Glutamatergic Septal Inputs to VTA Modulate Movement Onset and Speed
1 Neuronal Networks Group, German Center for Neurodegenerative Diseases (DZNE), Bonn, Germany
2 Department of Cellular Neuroscience, Leibniz Institute for Neurobiology (LIN), Magdeburg, Germany
The Ventral Tegmental Area (VTA) neurons are classically studied for their function in reward, addiction and goal-directed behavior. Recent studies are also pointing to a role of VTA during locomotion: VTA neurons are active at movement onset, fire during movement, and send inputs to the dorsal striatum in an acceleration-dependent pattern. On the other side, locomotion onset and speed are controlled by the glutamatergic (VGluT2+) population of the Medial Septum/Diagonal Band of Broca (MSDB). When optogenetically stimulated, these neurons initiate locomotion and modulate the animal’s speed in a frequency-dependent manner. However, the MSDB has no direct projections to any motor-related area. It stands to reason, that MSDB VGluT2+ neurons could send inputs to VTA, which in turn projects to the brain areas responsible for movement execution.

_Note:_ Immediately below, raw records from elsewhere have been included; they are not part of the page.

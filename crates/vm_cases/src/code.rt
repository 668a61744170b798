// The file of a case: fixed counts, constants, posts and hashes, and the records that the case has.
use crate::floats;
use crate::op::Record;

// Where the constants, the posts, the hashes and the records start, and where the length of the records is.
const CONSTANTS: usize = 10;

const POSTS: usize = 77;

const HASHES: usize = 120;

const LENGTH: usize = 137;

const RECORDS: usize = 139;

// There is room for so many records.
const MOST: u8 = 24;

const SIZE: usize = 331;

// The bytes, with zeros behind the last record, and how many records there are. No ArrayVec: a case changes a byte and
// reads one behind the last, and cases are copied.
#[derive(Clone, Copy)]
pub struct CaseFile {
    bytes: [u8; SIZE],
    records: u8,
}

impl CaseFile {
    // A file with this code: 4 names, 2 temps, 16 constants, 5 posts, 2 hashes.
    pub fn new(code: &[Record]) -> CaseFile {
        let mut file = CaseFile {
            bytes: [0; SIZE],
            records: 0,
        };
        put(&mut file.bytes, 0, [1, 4, 0, 4, 0, 2, 0]);
        put(&mut file.bytes, 7, [2, 64, 0]);
        put(&mut file.bytes, 74, [3, 40, 0]);
        put(&mut file.bytes, 117, [4, 16, 0]);
        put(&mut file.bytes, 136, [5, 0, 0]);
        code.iter()
            .fold(file.constants().posts().hashes(), |f, &r| f.then(r))
    }

    // 1, 2, 3, 0, 2^-23 and the number below it in both signs, a NaN, and zeros.
    fn constants(self) -> CaseFile {
        let numbers = [
            floats::ONE,
            floats::TWO,
            floats::THREE,
            0,
            0x3400_0000,
            0x33FF_FFFF,
            0xB400_0000,
            0xB3FF_FFFF,
            0x7FC0_0001,
        ];
        (0..)
            .zip(numbers)
            .fold(self, |f, (i, bits)| f.constant(i, bits))
    }

    // The identity; 3 x + 0.5; (1, 0) and (1, -0) beside the identity; -2 x + 7.
    fn posts(self) -> CaseFile {
        self.post(0, floats::ONE, 0)
            .post(1, floats::THREE, 0x3F00_0000)
            .post(2, floats::ONE, 0)
            .post(3, floats::ONE, 0x8000_0000)
            .post(4, 0xC000_0000, 0x40E0_0000)
    }

    fn hashes(self) -> CaseFile {
        self.hash(0, 0x4040_0000).hash(1, 0x1234_5678_9ABC_DEF0)
    }

    // The same file with another constant, post or hash.
    pub fn constant(mut self, i: u8, bits: u32) -> CaseFile {
        put(
            &mut self.bytes,
            CONSTANTS + 4 * usize::from(i),
            bits.to_le_bytes(),
        );
        self
    }

    pub fn post(mut self, i: u8, scale: u32, offset: u32) -> CaseFile {
        let at = POSTS + 8 * usize::from(i);
        put(&mut self.bytes, at, scale.to_le_bytes());
        put(&mut self.bytes, at + 4, offset.to_le_bytes());
        self
    }

    pub fn hash(mut self, i: u8, bits: u64) -> CaseFile {
        put(
            &mut self.bytes,
            HASHES + 8 * usize::from(i),
            bits.to_le_bytes(),
        );
        self
    }

    // The same file with another byte.
    pub fn byte(mut self, at: usize, x: u8) -> CaseFile {
        put(&mut self.bytes, at, [x]);
        self
    }

    // The same file with one more record.
    pub fn then(mut self, record: Record) -> CaseFile {
        if self.records < MOST {
            let at = self.length();
            let records = self.records + 1;
            let length = 8 * records;
            let [a, b, c, d] = record.argument.to_le_bytes();
            let Record {
                opcode,
                choice,
                post,
                ..
            } = record;
            put(&mut self.bytes, at, [opcode, choice, post, 0, a, b, c, d]);
            put(&mut self.bytes, LENGTH, [length]);
            self.records = records;
        }
        self
    }

    // Converts the file, and says how many records, or what sends it back.
    pub fn convert(&mut self) -> Result<usize, file::Refusal> {
        let length = self.length().min(SIZE);
        convert::convert(&mut self.bytes[..length])
    }

    // The same file as the converter leaves it, or what sends it back.
    pub fn converted(mut self) -> Result<CaseFile, file::Refusal> {
        self.convert()?;
        Ok(self)
    }

    fn length(&self) -> usize {
        RECORDS + 8 * usize::from(self.records)
    }

    pub fn as_slice(&self) -> &[u8] {
        self.first(self.length())
    }

    // So many bytes of the file, or all that there are.
    pub fn first(&self, length: usize) -> &[u8] {
        &self.bytes[..length.min(SIZE)]
    }

    pub fn hash_bytes(&self) -> &[u8] {
        &self.bytes[HASHES..HASHES + 16]
    }
}

fn put<const N: usize>(file: &mut [u8; SIZE], at: usize, bytes: [u8; N]) {
    if let Some(place) = file.get_mut(at..at.saturating_add(N)) {
        place.copy_from_slice(&bytes);
    }
}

A multidisciplinary approach including slice electrophysiology, in vivo fiberphotometry, and optogenetics was used to test if MSDB VGluT2+ inputs to VTA play a role during locomotion. Preliminary in vivo results show that optogenetic activation of VGluT2+ MSDB projections in VTA is sufficient to induce locomotion onset and to control the speed in a frequency-dependent manner. These findings are supported by the increase in calcium signal of the VGluT2+ MSDB axons in VTA when the animal moves spontaneously. In vitro patch-clamp data confirmed the existence of a monosynaptic glutamatergic connection between MSDB and VTA and highlighted how VGluT2+ MSDB inputs preferentially target VGluT2+ VTA neurons. Finally, in vivo optogenetic stimulation of VTA VGluT2+ neurons reliably induced locomotion, recapitulating the effect of MSDB VGluT2+ axon stimulation.